◆ WHAT YOU ARE ASKED TO DO ◆
Return every line from the one with "(D.state disk.old) self.now" through the one with "self.rest = Rest::Attempted(*body);", inclusive, exactly as it appears below.

Collected data entries
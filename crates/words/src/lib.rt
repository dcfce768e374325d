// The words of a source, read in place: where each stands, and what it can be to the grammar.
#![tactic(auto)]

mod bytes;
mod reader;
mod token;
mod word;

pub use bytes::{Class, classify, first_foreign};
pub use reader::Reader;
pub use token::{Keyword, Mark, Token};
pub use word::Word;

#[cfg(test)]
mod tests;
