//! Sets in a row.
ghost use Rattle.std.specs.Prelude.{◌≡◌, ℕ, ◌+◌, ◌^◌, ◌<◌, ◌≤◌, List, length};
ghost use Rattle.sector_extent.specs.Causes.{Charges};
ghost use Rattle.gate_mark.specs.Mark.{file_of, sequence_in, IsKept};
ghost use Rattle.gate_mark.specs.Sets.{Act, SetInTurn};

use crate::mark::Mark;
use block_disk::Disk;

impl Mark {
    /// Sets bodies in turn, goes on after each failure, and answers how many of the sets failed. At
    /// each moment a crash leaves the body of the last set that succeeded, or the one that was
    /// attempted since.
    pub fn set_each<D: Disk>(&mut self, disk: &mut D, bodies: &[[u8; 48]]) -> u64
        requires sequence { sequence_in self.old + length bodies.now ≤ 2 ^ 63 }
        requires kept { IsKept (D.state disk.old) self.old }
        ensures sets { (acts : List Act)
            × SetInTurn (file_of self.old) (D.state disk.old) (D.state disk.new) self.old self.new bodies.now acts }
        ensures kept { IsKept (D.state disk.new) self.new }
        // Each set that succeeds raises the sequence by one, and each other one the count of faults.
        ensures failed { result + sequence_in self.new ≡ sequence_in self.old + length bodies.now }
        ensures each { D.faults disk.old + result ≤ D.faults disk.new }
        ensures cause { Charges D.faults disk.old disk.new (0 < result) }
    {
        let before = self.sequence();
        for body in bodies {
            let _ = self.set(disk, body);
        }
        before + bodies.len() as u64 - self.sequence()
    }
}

...

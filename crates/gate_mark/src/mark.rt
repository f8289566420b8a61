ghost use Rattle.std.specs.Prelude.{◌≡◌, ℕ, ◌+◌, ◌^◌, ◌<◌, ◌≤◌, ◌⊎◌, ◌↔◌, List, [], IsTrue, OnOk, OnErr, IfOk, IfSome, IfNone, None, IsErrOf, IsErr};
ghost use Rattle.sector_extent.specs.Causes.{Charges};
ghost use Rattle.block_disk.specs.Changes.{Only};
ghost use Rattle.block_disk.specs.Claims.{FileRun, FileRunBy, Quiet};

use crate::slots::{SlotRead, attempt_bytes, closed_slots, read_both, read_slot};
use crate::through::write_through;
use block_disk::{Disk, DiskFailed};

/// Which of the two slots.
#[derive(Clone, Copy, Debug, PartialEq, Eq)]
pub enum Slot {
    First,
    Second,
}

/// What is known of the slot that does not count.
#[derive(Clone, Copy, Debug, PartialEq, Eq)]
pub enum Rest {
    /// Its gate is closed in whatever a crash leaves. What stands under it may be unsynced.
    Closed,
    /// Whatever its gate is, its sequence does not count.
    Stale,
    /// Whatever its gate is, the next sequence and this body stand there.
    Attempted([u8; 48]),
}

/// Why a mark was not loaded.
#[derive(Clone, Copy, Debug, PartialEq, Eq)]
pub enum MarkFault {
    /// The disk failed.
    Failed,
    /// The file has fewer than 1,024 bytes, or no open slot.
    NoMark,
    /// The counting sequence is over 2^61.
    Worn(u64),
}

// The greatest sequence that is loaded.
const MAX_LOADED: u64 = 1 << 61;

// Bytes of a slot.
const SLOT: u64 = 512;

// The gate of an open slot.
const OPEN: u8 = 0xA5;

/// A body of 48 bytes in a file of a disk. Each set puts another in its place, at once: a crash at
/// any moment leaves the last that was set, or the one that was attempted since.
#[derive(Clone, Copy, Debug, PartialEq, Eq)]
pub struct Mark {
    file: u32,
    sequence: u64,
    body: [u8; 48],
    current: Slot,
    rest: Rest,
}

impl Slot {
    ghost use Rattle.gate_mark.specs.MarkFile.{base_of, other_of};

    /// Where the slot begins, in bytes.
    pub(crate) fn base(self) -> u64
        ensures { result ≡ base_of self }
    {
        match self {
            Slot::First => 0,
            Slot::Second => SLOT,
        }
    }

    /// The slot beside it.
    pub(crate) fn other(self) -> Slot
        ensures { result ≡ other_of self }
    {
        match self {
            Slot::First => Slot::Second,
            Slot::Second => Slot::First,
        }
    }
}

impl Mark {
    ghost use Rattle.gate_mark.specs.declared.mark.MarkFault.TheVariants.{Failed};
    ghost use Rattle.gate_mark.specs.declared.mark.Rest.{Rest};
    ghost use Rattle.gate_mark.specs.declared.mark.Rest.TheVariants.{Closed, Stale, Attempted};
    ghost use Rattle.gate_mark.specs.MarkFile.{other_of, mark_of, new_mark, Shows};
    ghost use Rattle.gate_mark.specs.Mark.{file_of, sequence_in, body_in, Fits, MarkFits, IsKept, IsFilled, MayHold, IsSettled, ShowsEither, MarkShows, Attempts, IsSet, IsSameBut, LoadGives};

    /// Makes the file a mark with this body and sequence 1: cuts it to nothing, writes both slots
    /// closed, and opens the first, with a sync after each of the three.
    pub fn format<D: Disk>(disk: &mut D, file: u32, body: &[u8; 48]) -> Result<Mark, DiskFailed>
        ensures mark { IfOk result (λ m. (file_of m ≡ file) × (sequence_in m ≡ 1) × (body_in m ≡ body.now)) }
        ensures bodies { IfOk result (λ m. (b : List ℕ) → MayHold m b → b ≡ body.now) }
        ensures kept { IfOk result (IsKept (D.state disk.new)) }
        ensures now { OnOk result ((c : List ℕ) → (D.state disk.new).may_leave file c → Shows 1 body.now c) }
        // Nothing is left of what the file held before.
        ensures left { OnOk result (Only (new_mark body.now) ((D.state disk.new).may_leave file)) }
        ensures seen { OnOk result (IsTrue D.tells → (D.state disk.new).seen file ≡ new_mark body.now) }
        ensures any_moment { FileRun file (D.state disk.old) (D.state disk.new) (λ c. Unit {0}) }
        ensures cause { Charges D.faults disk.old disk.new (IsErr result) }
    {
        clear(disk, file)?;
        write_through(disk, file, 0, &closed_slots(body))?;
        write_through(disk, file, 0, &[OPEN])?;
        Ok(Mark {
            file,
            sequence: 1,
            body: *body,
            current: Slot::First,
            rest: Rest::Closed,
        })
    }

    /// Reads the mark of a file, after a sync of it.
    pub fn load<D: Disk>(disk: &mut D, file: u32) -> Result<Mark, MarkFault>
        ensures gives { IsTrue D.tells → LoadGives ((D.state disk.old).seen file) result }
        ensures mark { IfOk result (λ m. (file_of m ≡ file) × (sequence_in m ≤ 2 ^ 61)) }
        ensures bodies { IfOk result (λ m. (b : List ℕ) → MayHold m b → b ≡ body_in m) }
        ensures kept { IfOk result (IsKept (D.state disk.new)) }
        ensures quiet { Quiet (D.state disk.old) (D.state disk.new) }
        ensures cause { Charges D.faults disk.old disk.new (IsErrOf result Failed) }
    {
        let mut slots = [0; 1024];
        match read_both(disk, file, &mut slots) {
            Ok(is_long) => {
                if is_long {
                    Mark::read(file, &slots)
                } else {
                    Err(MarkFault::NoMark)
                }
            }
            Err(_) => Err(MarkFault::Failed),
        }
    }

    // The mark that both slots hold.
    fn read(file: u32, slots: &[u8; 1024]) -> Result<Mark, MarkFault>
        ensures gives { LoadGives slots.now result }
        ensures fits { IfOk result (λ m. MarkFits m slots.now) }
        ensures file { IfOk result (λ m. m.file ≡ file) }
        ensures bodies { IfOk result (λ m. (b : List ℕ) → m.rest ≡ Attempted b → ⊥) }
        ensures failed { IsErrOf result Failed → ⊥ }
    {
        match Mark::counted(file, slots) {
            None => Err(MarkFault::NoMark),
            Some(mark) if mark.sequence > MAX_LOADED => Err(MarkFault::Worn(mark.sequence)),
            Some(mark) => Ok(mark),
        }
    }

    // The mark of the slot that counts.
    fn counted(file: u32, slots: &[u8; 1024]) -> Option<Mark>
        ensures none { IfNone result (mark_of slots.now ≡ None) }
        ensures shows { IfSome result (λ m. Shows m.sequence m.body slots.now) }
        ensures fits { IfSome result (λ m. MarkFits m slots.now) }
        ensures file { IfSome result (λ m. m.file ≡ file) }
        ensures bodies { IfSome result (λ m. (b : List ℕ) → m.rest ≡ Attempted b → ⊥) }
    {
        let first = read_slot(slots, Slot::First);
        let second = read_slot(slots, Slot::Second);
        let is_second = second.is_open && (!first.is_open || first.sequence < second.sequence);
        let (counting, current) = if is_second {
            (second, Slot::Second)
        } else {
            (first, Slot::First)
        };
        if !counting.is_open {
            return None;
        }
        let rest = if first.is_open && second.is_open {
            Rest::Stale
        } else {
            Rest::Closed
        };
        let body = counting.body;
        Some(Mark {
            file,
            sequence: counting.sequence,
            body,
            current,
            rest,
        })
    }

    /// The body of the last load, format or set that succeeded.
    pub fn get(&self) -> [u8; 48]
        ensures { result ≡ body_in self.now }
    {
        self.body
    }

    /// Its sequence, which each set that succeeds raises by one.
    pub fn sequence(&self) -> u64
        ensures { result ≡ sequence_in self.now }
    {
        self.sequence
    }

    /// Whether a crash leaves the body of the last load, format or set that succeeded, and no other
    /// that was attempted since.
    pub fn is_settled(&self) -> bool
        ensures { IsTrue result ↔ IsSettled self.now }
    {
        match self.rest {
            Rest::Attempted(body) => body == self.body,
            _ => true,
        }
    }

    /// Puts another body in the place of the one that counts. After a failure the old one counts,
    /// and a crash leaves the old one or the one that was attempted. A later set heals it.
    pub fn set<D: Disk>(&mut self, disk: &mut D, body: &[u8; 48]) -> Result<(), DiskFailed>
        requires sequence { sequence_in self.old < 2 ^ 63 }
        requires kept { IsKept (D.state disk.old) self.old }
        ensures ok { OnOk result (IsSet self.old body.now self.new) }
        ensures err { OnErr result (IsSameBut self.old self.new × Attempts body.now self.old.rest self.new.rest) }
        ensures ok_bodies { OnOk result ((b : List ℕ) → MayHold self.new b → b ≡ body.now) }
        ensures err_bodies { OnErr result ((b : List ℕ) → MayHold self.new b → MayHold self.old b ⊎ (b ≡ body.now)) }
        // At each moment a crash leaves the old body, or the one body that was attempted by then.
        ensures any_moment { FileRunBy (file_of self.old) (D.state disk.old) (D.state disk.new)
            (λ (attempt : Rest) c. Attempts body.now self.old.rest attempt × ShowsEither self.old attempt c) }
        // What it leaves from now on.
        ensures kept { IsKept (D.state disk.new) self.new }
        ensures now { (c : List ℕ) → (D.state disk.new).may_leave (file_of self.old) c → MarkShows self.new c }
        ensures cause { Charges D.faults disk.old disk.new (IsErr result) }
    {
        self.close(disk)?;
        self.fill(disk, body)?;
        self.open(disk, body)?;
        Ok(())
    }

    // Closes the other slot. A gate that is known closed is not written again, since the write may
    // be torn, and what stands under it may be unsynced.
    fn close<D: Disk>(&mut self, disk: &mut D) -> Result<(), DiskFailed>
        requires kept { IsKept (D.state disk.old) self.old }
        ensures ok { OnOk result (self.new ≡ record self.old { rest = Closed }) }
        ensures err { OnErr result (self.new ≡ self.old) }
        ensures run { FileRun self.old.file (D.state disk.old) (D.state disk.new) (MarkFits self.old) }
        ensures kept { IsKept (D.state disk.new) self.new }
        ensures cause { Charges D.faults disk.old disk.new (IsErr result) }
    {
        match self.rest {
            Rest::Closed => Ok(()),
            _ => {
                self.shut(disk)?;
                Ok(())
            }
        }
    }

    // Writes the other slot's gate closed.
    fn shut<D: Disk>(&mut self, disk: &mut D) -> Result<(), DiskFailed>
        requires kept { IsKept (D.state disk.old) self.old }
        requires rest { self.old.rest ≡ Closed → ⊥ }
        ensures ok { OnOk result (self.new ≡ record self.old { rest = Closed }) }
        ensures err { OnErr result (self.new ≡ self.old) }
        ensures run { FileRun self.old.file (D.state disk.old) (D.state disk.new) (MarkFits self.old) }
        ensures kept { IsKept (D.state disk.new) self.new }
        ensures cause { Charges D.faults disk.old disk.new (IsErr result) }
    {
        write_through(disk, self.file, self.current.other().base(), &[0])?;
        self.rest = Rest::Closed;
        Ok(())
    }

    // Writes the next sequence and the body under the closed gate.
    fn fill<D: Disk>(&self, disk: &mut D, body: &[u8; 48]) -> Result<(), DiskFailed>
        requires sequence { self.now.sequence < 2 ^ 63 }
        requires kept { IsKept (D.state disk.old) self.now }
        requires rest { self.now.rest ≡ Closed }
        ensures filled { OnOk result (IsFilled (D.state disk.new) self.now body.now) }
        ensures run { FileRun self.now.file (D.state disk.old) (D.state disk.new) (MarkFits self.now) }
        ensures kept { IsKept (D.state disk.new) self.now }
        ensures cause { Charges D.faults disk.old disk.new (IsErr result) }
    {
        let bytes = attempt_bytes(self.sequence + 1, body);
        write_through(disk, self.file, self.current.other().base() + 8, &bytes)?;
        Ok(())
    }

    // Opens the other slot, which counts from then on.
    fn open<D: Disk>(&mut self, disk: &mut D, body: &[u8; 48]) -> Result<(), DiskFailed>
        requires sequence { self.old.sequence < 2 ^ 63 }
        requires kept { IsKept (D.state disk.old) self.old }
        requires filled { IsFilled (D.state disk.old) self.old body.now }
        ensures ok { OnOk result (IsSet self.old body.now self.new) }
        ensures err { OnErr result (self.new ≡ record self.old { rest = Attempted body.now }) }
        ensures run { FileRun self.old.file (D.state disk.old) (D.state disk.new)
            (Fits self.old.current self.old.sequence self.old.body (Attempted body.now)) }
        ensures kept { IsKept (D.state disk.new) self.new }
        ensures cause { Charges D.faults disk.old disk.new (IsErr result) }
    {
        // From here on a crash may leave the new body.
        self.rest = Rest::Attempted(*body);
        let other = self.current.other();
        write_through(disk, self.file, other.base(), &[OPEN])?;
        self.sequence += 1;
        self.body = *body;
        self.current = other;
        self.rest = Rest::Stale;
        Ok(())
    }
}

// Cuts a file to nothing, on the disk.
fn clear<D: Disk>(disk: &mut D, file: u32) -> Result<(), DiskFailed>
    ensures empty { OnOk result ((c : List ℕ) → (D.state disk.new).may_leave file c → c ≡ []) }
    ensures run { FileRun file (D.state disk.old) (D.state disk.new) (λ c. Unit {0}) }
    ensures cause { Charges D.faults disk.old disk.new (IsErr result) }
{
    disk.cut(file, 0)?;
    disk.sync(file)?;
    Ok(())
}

◆ ANSWER TO THIS TASK ◆
        requires kept { IsKept (D.state disk.old) self.now }
        requires rest { self.now.rest ≡ Closed }
        ensures filled { OnOk result (IsFilled (D.state disk.new) self.now body.now) }
        ensures run { FileRun self.now.file (D.state disk.old) (D.state disk.new) (MarkFits self.now) }
        ensures kept { IsKept (D.state disk.new) self.now }
        ensures cause { Charges D.faults disk.old disk.new (IsErr result) }
    {
        let bytes = attempt_bytes(self.sequence + 1, body);
        write_through(disk, self.file, self.current.other().base() + 8, &bytes)?;
        Ok(())
    }

    // Opens the other slot, which counts from then on.
    fn open<D: Disk>(&mut self, disk: &mut D, body: &[u8; 48]) -> Result<(), DiskFailed>
        requires sequence { self.old.sequence < 2 ^ 63 }
        requires kept { IsKept (D.state disk.old) self.old }
        requires filled { IsFilled (D.state disk.old) self.old body.now }
        ensures ok { OnOk result (IsSet self.old body.now self.new) }
        ensures err { OnErr result (self.new ≡ record self.old { rest = Attempted body.now }) }
        ensures run { FileRun self.old.file (D.state disk.old) (D.state disk.new)
            (Fits self.old.current self.old.sequence self.old.body (Attempted body.now)) }
        ensures kept { IsKept (D.state disk.new) self.new }
        ensures cause { Charges D.faults disk.old disk.new (IsErr result) }
    {
        // From here on a crash may leave the new body.
        self.rest = Rest::Attempted(*body);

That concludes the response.